[The task]: Please find all lines in the data that hold the string "AddsFront" and copy them.

☆ ☆ ☆ ☆ ☆

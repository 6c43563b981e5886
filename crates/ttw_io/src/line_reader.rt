//! Reading a file line by line, in room that does not depend on the file.

ghost use Rattle.std.specs.Prelude.{◌≡◌, ◌==◌, ◌<◌, ◌≤◌, [], Some, None, Err, false, length, position, IfOk, IfErr, IfSome, OnOk, OnErr};
ghost use Rattle.std.specs.Borrow.{sem};
ghost use Rattle.std.specs.Io.BufRead.{Rests};
ghost use Rattle.ttw_io.specs.contracts.line_reader.LineReader.{the_row};
ghost use Rattle.ttw_io.specs.LineReading.{Answers, EndsSearch, IsFirst, IsOf, NextLine, ReadsOn, first_feed, handed_out, left_to_read};
ghost use Rattle.ttw_io.specs.Outside.{Rose};

use crate::outside::{Failed, Files};
use memchr::memchr;
use std::alloc::{AllocError, Global};
use std::marker::Model;

/// How many bytes are read ahead of a line at most.
const PIECE: usize = 65536;

/// Why a line was not handed out.
#[derive(Clone, Copy, Debug, PartialEq, Eq)]
pub enum LineEnd {
    /// A read failed.
    Failed,
    /// The line is longer than the limit.
    Long,
}

impl From<Failed> for LineEnd {
    ghost use Rattle.ttw_io.specs.declared.line_reader.LineEnd.TheVariants.{Failed};

    ghost from_gives = { λ _ e. e ≡ Failed };

    fn from(_: Failed) -> Self {
        LineEnd::Failed
    }
}

/// Where a text first has a line feed.
fn place_of_feed(text: &[u8]) -> Option<usize>
    ensures { result ≡ position (λ b. b == 10) text.now }
{
    memchr(b'\n', text)
}

/// Hands out the lines of a file in order. All its memory is taken when it is made.
///
/// The bytes of `buffer` from `start` to `next` are the line that was handed out last, and those
/// from `next` to `end` were read ahead of it.
#[derive(Drop)]
pub struct LineReader {
    most: usize,
    buffer: Vec<u8>,
    start: usize,
    next: usize,
    end: usize,
    handed: u64,
    ended: bool,
    refusal: Option<LineEnd>,
}

impl Model for LineReader {
    ghost use Rattle.std.specs.Prelude.{◌-◌, ◌<◌, ◌≤◌, take, drop, vec_len};
    ghost use Rattle.ttw_io.specs.LineReading.{ReadLines};

    ghost Value = { ReadLines };

    ghost view = { λ r. record {
      most = r.most;
      line = take (r.next - r.start) (drop r.start r.buffer.items);
      handed = r.handed;
      ahead = take (r.end - r.next) (drop r.next r.buffer.items);
      ended = r.ended;
      refusal = r.refusal;
    } };

    ghost invariant = { λ r. (r.start ≤ r.next) × (r.next ≤ r.end) × (r.end ≤ vec_len r.buffer) × (r.most < vec_len r.buffer) };
}

impl LineReader {
    /// A reader of lines of at most `most` bytes each, without their line feeds.
    pub fn make(alloc: Global, most: usize) -> Result<Self, AllocError>
        ensures { IfOk result (λ r. r ≡ record {
          most = most;
          line = [];
          handed = 0;
          ahead = [];
          ended = false;
          refusal = None;
        }) }
    {
        Ok(LineReader {
            most,
            buffer: vec![in alloc; 0; most.saturating_add(PIECE)]?,
            start: 0,
            next: 0,
            end: 0,
            handed: 0,
            ended: false,
            refusal: None,
        })
    }

    /// The line that was handed out last, with its line feed where it has one.
    pub fn line(&self) -> &[u8]
        ensures { result.now ≡ self.now.line }
    {
        &self.buffer[self.start..self.next]
    }

    /// How many bytes of the file were handed out, with that line.
    pub fn handed(&self) -> u64
        ensures { result ≡ self.now.handed }
    {
        self.handed
    }

    /// How many bytes were read ahead.
    fn ahead_len(&self) -> usize
        ensures { result ≡ length self.now.ahead }
    {
        self.end - self.next
    }

    /// How many of the bytes that were read ahead stand before the first line feed.
    fn text_len(&self) -> usize
        ensures { result ≡ first_feed self.now.ahead }
    {
        let ahead = &self.buffer[self.next..self.end];
        place_of_feed(ahead).unwrap_or(ahead.len())
    }

    /// Reads more of the file, behind the bytes that were read ahead. The line is let go.
    fn fill<F: Files>(&mut self, files: &mut F, name: &str) -> Result<(), Failed>
        requires place { self.old.handed ≤ 9000000000000000000 }
        requires of_file { IsOf (F.contents files.old name.now) self.old }
        requires room { length self.old.ahead ≤ self.old.most }
        requires not_ended { self.old.ended ≡ false }

        ensures on { ReadsOn (F.contents files.old name.now) self.old self.new }
        ensures more { OnOk result
            (left_to_read self.new < left_to_read self.old) }
        ensures failed { OnErr result (Rose (F.faults files.old) (F.faults files.new)) }
        ensures same { OnErr result (self.new ≡ record self.old { line = [] }) }

        ensures kept { F.contents files.new ≡ F.contents files.old }
        ensures counted { F.faults files.old ≤ F.faults files.new }
    {
        self.buffer.copy_within(self.next..self.end, 0);
        self.end -= self.next;
        self.next = 0;
        self.start = 0;
        let place = self.handed + self.end as u64;
        let n = files.read_at(name, place, &mut self.buffer[self.end..])?;
        self.end += n;
        self.ended = n == 0;
        Ok(())
    }

    /// How long the next line is, with its line feed where it has one: 0 at the file's end alone.
    fn find<F: Files>(&mut self, files: &mut F, name: &str) -> Result<usize, LineEnd>
        requires place { self.old.handed ≤ 9000000000000000000 }
        requires of_file { IsOf (F.contents files.old name.now) self.old }

        ensures on { ReadsOn (F.contents files.old name.now) self.old self.new }
        ensures ok { IfOk result (λ len. IsFirst self.new len) }
        ensures err { IfErr result
            (λ e. EndsSearch self.new (F.faults files.old) (F.faults files.new) e) }

        ensures kept { F.contents files.new ≡ F.contents files.old }
        ensures counted { F.faults files.old ≤ F.faults files.new }
    {
        loop {
            let text = self.text_len();
            if text > self.most {
                return Err(LineEnd::Long);
            }
            if text < self.ahead_len() {
                return Ok(text + 1);
            }
            if self.ended {
                return Ok(text);
            }
            self.fill(files, name)?;
        }
    }

    /// Hands out so many of the bytes that were read ahead.
    fn hand_out(&mut self, len: usize)
        requires place { self.old.handed ≤ 9000000000000000000 }
        requires within { len ≤ length self.old.ahead }
        ensures { self.new ≡ handed_out self.old len }
    {
        self.start = self.next;
        self.next += len;
        self.handed += len as u64;
    }

    /// Goes to the next line: whether there is one. After a refusal every later call answers that
    /// refusal again.
    pub fn advance<F: Files>(&mut self, files: &mut F, name: &str) -> Result<bool, LineEnd>
        requires place { self.old.handed ≤ 9000000000000000000 }
        requires of_file { IsOf (F.contents files.old name.now) self.old }

        ensures answer { self.old.refusal ≡ None → Answers (F.contents files.old name.now)
            self.old self.new (F.faults files.old) (F.faults files.new) result }
        ensures again { IfSome self.old.refusal (λ e. (result ≡ Err e) × (self.new ≡ self.old)) }
        ensures ok { OnOk result (self.new.refusal ≡ None) }
        ensures err { IfErr result (λ e. self.new.refusal ≡ Some e) }

        ensures most { self.new.most ≡ self.old.most }
        ensures of_file { IsOf (F.contents files.new name.now) self.new }
        ensures kept { F.contents files.new ≡ F.contents files.old }
        ensures counted { F.faults files.old ≤ F.faults files.new }
    {
        if let Some(end) = self.refusal {
            return Err(end);
        }
        match self.find(files, name) {
            Ok(len) => {
                self.hand_out(len);
                Ok(len > 0)
            }
            Err(end) => {
                self.refusal = Some(end);
                Err(end)
            }
        }
    }

    /// Goes to the next line and hands it out, with its line feed where it has one. `None` stands
    /// for the end of the file. After a refusal every later call answers that refusal again.
    pub fn next_line<F: Files>(
        &mut self,
        files: &mut F,
        name: &str,
    ) -> Result<Option<&[u8]>, LineEnd>
        requires place { self.old.handed ≤ 9000000000000000000 }
        requires of_file { IsOf (F.contents files.old name.now) self.old }

        ensures* after { sem 𝓛 (Rests the_row self.entry (λ new.
            NextLine (F.contents files.old name.now) self.old new
            (F.faults files.old) (F.faults files.new) result)) }
        ensures kept { F.contents files.new ≡ F.contents files.old }
        ensures counted { F.faults files.old ≤ F.faults files.new }
    {
        if !self.advance(files, name)? {
            return Ok(None);
        }
        Ok(Some(self.line()))
    }
}
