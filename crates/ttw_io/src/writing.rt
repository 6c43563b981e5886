//! Writing a text whole.

ghost use Rattle.std.specs.Prelude.{◌≡◌, ◌≤◌, OnErr, OnOk};
ghost use Rattle.std.specs.Io.KnownBytes.{append_known};
ghost use Rattle.ttw_io.specs.Outside.{Rose, AddsFront};

use crate::outside::{Failed, Sink};

/// Writes the whole text, without a flush. After a failure a prefix of it was added.
pub fn write_all<S: Sink>(out: &mut S, text: &[u8]) -> Result<(), Failed>
    ensures ok { OnOk result (S.held out.new ≡ append_known (S.held out.old) text.now) }
    ensures err { OnErr result (AddsFront (S.held out.old) (S.held out.new) text.now) }
    ensures counted { S.faults out.old ≤ S.faults out.new }
    ensures same_flushes { S.flushes out.new ≡ S.flushes out.old }
    ensures failed { OnErr result (Rose (S.faults out.old) (S.faults out.new)) }
{
    let mut done = 0;
    while done < text.len() {
        done += out.write(&text[done..])?;
    }
    Ok(())
}
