//! The traits of files and sinks, and what is said of every implementation.
//!
//! Each counts its faults. The count begins at 0, never falls, and rises with each failure until it
//! stands at the greatest `u64`. So a caller whose count did not rise met no failure.

ghost use Rattle.std.specs.Prelude.{◌≡◌, ℕ, ◌≤◌, ◌<◌, List, length, take, Bool, true, false, Option, IfOk, OnErr};
ghost use Rattle.std.specs.Io.KnownBytes.{append_known};
ghost use Rattle.ttw_io.specs.Outside.{Told, Rose, ReadsAt, one_more};

use std::marker::Model;

/// A read, a write or a flush that failed. It was counted.
#[derive(Clone, Copy, Debug, PartialEq, Eq)]
pub struct Failed;

/// A count of faults.
#[derive(Drop)]
pub(crate) struct Faults {
    count: u64,
}

impl Model for Faults {
    ghost Value = { ℕ };

    ghost view = { λ f. f.count };
}

impl Faults {
    pub(crate) fn none() -> Self
        ensures { result ≡ 0 }
    {
        Faults { count: 0 }
    }

    /// Counts one more, and gives the failure to answer.
    pub(crate) fn add(&mut self) -> Failed
        ensures one_more { self.new ≡ one_more self.old }
        ensures counted { self.old ≤ self.new }
    {
        self.count = self.count.saturating_add(1);
        Failed
    }
}

/// A count of flushes, and whether something was written after the last one.
#[derive(Clone, Copy, Debug, Drop)]
pub(crate) struct Flushes {
    pub(crate) calls: u64,
    pub(crate) unflushed: bool,
}

impl Flushes {
    pub(crate) fn none() -> Self
        ensures { result ≡ record { calls = 0; unflushed = false } }
    {
        Flushes {
            calls: 0,
            unflushed: false,
        }
    }

    /// Keeps in mind that something may have been written.
    pub(crate) fn write(&mut self)
        ensures { self.new ≡ record self.old { unflushed = true } }
    {
        self.unflushed = true;
    }

    /// Counts one more.
    pub(crate) fn flush(&mut self)
        ensures { self.new ≡ record { calls = one_more self.old.calls; unflushed = false } }
    {
        self.calls = self.calls.saturating_add(1);
        self.unflushed = false;
    }
}

/// Files that are read by name.
pub trait Files {
    // What is told of the file of each name.
    ghost contents: { Self → List ℕ → Told };

    // How many faults were counted.
    ghost faults: { Self → ℕ };

    /// Reads bytes of the file from place `at` on to the front of `into`, and gives their number.
    ///
    /// A non-empty `into` gets 0 bytes at the file's end alone. A missing file is a failure. After a
    /// failure nothing is said of what `into` has.
    fn read_at(&mut self, name: &str, at: u64, into: &mut [u8]) -> Result<usize, Failed>
        ensures room { IfOk result (λ n. n ≤ length into.new) }
        ensures read { IfOk result (λ n. ReadsAt (contents self.old name.now) at n into.new) }
        ensures kept { contents self.new ≡ contents self.old }
        ensures counted { faults self.old ≤ faults self.new }
        ensures failed { OnErr result (Rose (faults self.old) (faults self.new)) };
}

/// Something that takes bytes in order.
pub trait Sink {
    // The bytes held, where they are told.
    ghost held: { Self → Option (List ℕ) };

    // How many faults were counted.
    ghost faults: { Self → ℕ };

    // How often it was flushed. The count stands still at the greatest `u64`.
    ghost flushes: { Self → ℕ };

    // Whether `write` was called after the last flush.
    ghost unflushed: { Self → Bool };

    /// Adds a prefix of the piece, and gives its length: at least 1 for a non-empty piece.
    ///
    /// A failure adds nothing.
    fn write(&mut self, piece: &[u8]) -> Result<usize, Failed>
        ensures room { IfOk result (λ n. n ≤ length piece.now) }
        ensures some { IfOk result (λ n. 0 < length piece.now → 0 < n) }
        ensures added { IfOk result (λ n. held self.new ≡ append_known (held self.old) (take n piece.now)) }
        ensures kept { OnErr result (held self.new ≡ held self.old) }
        ensures counted { faults self.old ≤ faults self.new }
        ensures failed { OnErr result (Rose (faults self.old) (faults self.new)) }
        ensures same_flushes { flushes self.new ≡ flushes self.old }
        ensures unflushed { unflushed self.new ≡ true };

    /// Hands on what was written so far, and adds nothing. A call that fails is counted as a flush too.
    fn flush(&mut self) -> Result<(), Failed>
        ensures kept { held self.new ≡ held self.old }
        ensures counted { faults self.old ≤ faults self.new }
        ensures failed { OnErr result (Rose (faults self.old) (faults self.new)) }
        ensures one_flush { flushes self.new ≡ one_more (flushes self.old) }
        ensures flushed { unflushed self.new ≡ false };
}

☆ ☆ ☆ ☆ ☆

[Answer to this problem]:
ghost use Rattle.ttw_io.specs.Outside.{Rose, AddsFront};
    ensures err { OnErr result (AddsFront (S.held out.old) (S.held out.new) text.now) }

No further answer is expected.